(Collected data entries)
++++++

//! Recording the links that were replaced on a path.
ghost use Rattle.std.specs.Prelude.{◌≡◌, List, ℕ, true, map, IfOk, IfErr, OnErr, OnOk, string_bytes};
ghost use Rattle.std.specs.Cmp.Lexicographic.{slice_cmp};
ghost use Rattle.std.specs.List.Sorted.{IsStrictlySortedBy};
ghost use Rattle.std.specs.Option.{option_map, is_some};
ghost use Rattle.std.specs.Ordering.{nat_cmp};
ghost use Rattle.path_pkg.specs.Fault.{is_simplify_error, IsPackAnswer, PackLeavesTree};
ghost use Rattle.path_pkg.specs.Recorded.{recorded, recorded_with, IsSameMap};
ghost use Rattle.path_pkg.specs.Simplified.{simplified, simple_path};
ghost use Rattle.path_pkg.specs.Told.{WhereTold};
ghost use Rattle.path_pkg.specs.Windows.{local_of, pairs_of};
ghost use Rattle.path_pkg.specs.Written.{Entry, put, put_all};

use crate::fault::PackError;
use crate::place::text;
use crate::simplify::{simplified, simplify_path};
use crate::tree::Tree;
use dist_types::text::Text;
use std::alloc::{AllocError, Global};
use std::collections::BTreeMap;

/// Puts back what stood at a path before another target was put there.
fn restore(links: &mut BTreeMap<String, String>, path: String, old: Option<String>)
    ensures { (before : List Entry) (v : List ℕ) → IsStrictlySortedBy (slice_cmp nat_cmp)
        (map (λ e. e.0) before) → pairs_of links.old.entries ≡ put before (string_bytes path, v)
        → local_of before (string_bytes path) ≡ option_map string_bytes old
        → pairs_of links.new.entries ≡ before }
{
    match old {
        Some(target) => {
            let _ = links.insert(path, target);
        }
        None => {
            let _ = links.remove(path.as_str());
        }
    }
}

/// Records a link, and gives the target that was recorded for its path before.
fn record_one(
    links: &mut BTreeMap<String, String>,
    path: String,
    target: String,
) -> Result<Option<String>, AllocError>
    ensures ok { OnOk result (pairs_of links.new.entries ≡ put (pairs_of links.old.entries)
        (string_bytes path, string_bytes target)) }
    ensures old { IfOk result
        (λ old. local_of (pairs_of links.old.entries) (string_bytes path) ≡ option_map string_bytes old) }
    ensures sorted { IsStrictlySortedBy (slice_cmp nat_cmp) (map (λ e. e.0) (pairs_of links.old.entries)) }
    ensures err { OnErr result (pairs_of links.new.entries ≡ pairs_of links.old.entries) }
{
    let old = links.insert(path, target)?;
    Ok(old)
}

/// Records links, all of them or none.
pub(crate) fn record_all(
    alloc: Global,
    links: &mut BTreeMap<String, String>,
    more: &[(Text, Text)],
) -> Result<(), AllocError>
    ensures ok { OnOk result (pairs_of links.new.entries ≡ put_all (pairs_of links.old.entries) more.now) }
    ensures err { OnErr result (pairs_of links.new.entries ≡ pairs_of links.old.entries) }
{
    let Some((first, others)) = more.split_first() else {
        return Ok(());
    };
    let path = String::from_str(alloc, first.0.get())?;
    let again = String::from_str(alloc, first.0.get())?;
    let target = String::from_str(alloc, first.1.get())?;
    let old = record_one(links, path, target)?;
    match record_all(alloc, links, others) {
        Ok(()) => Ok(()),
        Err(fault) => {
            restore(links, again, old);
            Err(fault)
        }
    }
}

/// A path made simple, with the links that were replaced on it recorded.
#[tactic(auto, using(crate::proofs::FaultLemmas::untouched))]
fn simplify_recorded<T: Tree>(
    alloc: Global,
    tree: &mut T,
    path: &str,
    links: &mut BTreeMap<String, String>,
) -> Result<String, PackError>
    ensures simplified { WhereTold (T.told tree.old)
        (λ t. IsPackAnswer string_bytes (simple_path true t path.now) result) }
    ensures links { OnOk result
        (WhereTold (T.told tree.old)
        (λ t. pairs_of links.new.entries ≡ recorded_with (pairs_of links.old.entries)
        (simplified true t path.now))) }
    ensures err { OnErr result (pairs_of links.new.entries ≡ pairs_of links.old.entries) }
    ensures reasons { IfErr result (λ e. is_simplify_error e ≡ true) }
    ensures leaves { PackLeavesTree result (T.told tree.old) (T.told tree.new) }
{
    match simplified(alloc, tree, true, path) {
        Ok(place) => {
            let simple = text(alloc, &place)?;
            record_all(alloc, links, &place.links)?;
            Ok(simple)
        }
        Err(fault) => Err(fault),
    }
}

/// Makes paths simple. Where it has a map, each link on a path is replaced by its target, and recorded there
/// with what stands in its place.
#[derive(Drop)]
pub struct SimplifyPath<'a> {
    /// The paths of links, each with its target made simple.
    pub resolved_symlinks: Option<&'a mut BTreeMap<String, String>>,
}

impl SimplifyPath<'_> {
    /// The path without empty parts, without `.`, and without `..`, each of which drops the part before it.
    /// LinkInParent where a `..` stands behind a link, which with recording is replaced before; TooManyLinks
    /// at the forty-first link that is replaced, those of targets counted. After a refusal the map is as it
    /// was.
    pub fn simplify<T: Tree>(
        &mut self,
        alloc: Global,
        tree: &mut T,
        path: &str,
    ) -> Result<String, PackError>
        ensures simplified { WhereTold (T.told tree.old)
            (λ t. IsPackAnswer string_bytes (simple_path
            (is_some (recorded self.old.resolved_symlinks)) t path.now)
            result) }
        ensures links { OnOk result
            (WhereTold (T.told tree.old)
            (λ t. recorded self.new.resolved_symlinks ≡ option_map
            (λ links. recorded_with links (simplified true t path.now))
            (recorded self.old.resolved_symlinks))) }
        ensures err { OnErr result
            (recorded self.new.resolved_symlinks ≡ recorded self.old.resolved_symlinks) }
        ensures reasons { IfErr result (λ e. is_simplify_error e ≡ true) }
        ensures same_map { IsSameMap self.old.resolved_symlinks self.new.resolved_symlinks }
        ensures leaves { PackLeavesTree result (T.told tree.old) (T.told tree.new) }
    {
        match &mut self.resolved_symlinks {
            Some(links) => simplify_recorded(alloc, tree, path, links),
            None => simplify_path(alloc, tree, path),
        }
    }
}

++++++

**Action item:**
Filter the entries by the string "IsStrictlySortedBy" and copy each matching line.

**Result of this exercise:**
ghost use Rattle.std.specs.List.Sorted.{IsStrictlySortedBy};
    ensures { (before : List Entry) (v : List ℕ) → IsStrictlySortedBy (slice_cmp nat_cmp)
    ensures sorted { IsStrictlySortedBy (slice_cmp nat_cmp) (map (λ e. e.0) (pairs_of links.old.entries)) }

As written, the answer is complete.